Material for the task Block Start

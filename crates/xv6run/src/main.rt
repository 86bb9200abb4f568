//! The program `xv6run`: plays a script of standard input as `xv6lab run` does. It prints each line with its answer, and below that the
//! answer that the line expects (`=> ANSWER`), if it is another. The status is 1 if one is, or the script is refused. It is small, so that
//! its sources run within a minute; all else that is asked of a script is a word of `xv6lab`.
#![tactic(auto)]

ghost use Rattle.std.specs.Prelude.{IfOk};
ghost use Rattle.line_player.specs.Answers.{HasPlayed};
ghost use Rattle.line_player.specs.PlayedLines.{Played};

use fault_texts::{explain, explain_end};
use handouts::{Expected, plain_line, split};
use line_player::{LinePlayer, LineReply};
use script_language::{Cause, LONGEST_SCRIPT};
use script_reader::trim_return;
use std::alloc::AllocError;
use std::io;
use std::io::{Read, Write};
use std::process::ExitCode;

/// What became of a line.
#[derive(Clone, Copy)]
enum Outcome {
    /// It has no answer, or one that it may have.
    Fine,
    /// It expects another answer.
    Differs,
    /// It is refused, and ends the script.
    Refused,
}

/// Returns the answer that a line expects; `None`: none, or a blank.
fn expected_of(line: Expected<'_>) -> Option<&[u8]> {
    match line.answer {
        Some([] | [b'?']) | None => None,
        Some(answer) => Some(answer),
    }
}

/// The width to which a line is filled up before its answer.
const WIDTH: usize = 34;

/// Appends a line with its answer.
fn put_answer(out: &mut Vec<u8>, line: &[u8], answer: &[u8]) -> Result<(), AllocError> {
    out.extend_from_slice(line)?;
    'blanks: for _ in line.len()..WIDTH {
        out.push(b' ')?;
    }
    out.extend_from_slice(b" => ")?;
    out.extend_from_slice(answer)?;
    Ok(out.push(b'\n')?)
}

/// Appends the answer that a line expects.
fn put_expected(out: &mut Vec<u8>, answer: &[u8]) -> Result<(), AllocError> {
    out.extend_from_slice(b"#   expected: ")?;
    out.extend_from_slice(answer)?;
    Ok(out.push(b'\n')?)
}

/// Prints a line with its answer, and the one that it expects, if that is another.
fn tell_answer(rt: &HostRuntime, line: Expected<'_>, answer: &[u8]) -> io::Result<Outcome> {
    let mut out = Vec::new(rt.alloc());
    put_answer(&mut out, trim_return(line.line), answer)?;
    let mut outcome = Outcome::Fine;
    if let Some(expected) = expected_of(line)
        && expected != answer
    {
        put_expected(&mut out, expected)?;
        outcome = Outcome::Differs;
    }
    io::writer(rt).write_all(out.as_slice())?;
    Ok(outcome)
}

/// Prints a line that has no answer.
fn tell_line(rt: &HostRuntime, line: &[u8]) -> io::Result<Outcome> {
    let mut out = Vec::from_slice(rt.alloc(), line)?;
    out.push(b'\n')?;
    io::writer(rt).write_all(out.as_slice())?;
    Ok(Outcome::Fine)
}

/// Tells why a line is refused.
fn tell_refused(
    rt: &HostRuntime,
    player: &LinePlayer,
    number: u64,
    line: &[u8],
    cause: Cause,
) -> io::Result<Outcome> {
    let mistake = explain(rt.alloc(), player.draft(), trim_return(line), cause)?;
    let text = mistake.text.as_str();
    match mistake.column {
        Some(column) => eprintln!(rt; "-:{number}:{column}: {text}")?,
        None => eprintln!(rt; "-:{number}: {text}")?,
    }
    Ok(Outcome::Refused)
}

/// Plays a line, and prints it with its answer, or why it is refused.
fn play_line(
    rt: &HostRuntime,
    player: &mut LinePlayer,
    number: u64,
    line: &[u8],
) -> io::Result<Outcome>
    requires { (s : Played) × HasPlayed player.old s }
    ensures { IfOk result (λ _. (s : Played) × HasPlayed player.new s) }
{
    let plain = plain_line(rt.alloc(), line)?;
    let line = split(plain.as_slice());
    match player.line(line.line)? {
        LineReply::Nothing => tell_line(rt, trim_return(line.line)),
        LineReply::Text => tell_answer(rt, line, player.answer()),
        LineReply::Refused(cause) => tell_refused(rt, player, number, line.line, cause),
    }
}

/// What became of a script.
#[derive(Clone, Copy)]
struct Ended {
    /// How many lines were read.
    lines: u64,
    outcome: Outcome,
}

/// Plays a script to its first line that is refused.
fn play_lines(rt: &HostRuntime, player: &mut LinePlayer, script: &[u8]) -> io::Result<Ended>
    requires { (s : Played) × HasPlayed player.old s }
    ensures { IfOk result (λ _. (s : Played) × HasPlayed player.new s) }
{
    let mut ended = Ended {
        lines: 0,
        outcome: Outcome::Fine,
    };
    if script.is_empty() {
        return Ok(ended);
    }
    let lines = script.strip_suffix(b"\n".as_slice()).unwrap_or(script);
    'lines: for line in lines.split(|byte| *byte == b'\n') {
        ended.lines = ended.lines.saturating_add(1);
        match play_line(rt, player, ended.lines, line)? {
            Outcome::Fine => {}
            Outcome::Differs => ended.outcome = Outcome::Differs,
            Outcome::Refused => {
                ended.outcome = Outcome::Refused;
                return Ok(ended);
            }
        }
    }
    Ok(ended)
}

/// Tells that a script has no `boot`.
fn tell_no_boot(rt: &HostRuntime, lines: u64) -> io::Result<bool> {
    let (line, text) = (lines.saturating_add(1), explain_end());
    eprintln!(rt; "-:{line}: {text}")?;
    Ok(false)
}

/// Plays the script of standard input. Returns whether each of its lines is answered as it may be.
fn run(rt: &HostRuntime) -> io::Result<bool> {
    let mut script = Vec::new(rt.alloc());
    rt.reader()
        .take(LONGEST_SCRIPT as u64 + 1)
        .read_to_end(&mut script)?;
    if script.len() > LONGEST_SCRIPT {
        eprintln!(rt; "-: a script has at most {LONGEST_SCRIPT} bytes")?;
        return Ok(false);
    }
    let mut player = LinePlayer::new(rt.alloc())?;
    let ended = play_lines(rt, &mut player, script.as_slice())?;
    match ended.outcome {
        Outcome::Fine if player.machine().is_none() => tell_no_boot(rt, ended.lines),
        Outcome::Fine => Ok(true),
        Outcome::Differs | Outcome::Refused => Ok(false),
    }
}

fn main(rt: HostRuntime) -> ExitCode {
    match run(&rt) {
        Ok(true) => ExitCode::SUCCESS,
        Ok(false) => ExitCode::FAILURE,
        Err(error) => {
            let _ = eprintln!(rt; "xv6run: {error}");
            ExitCode::FAILURE
        }
    }
}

Material for the task Block End

◆ Task to carry out
Every line of the records containing the word "became" must appear in the answer.

◆ Result of the task
/// What became of a line.
/// What became of a script.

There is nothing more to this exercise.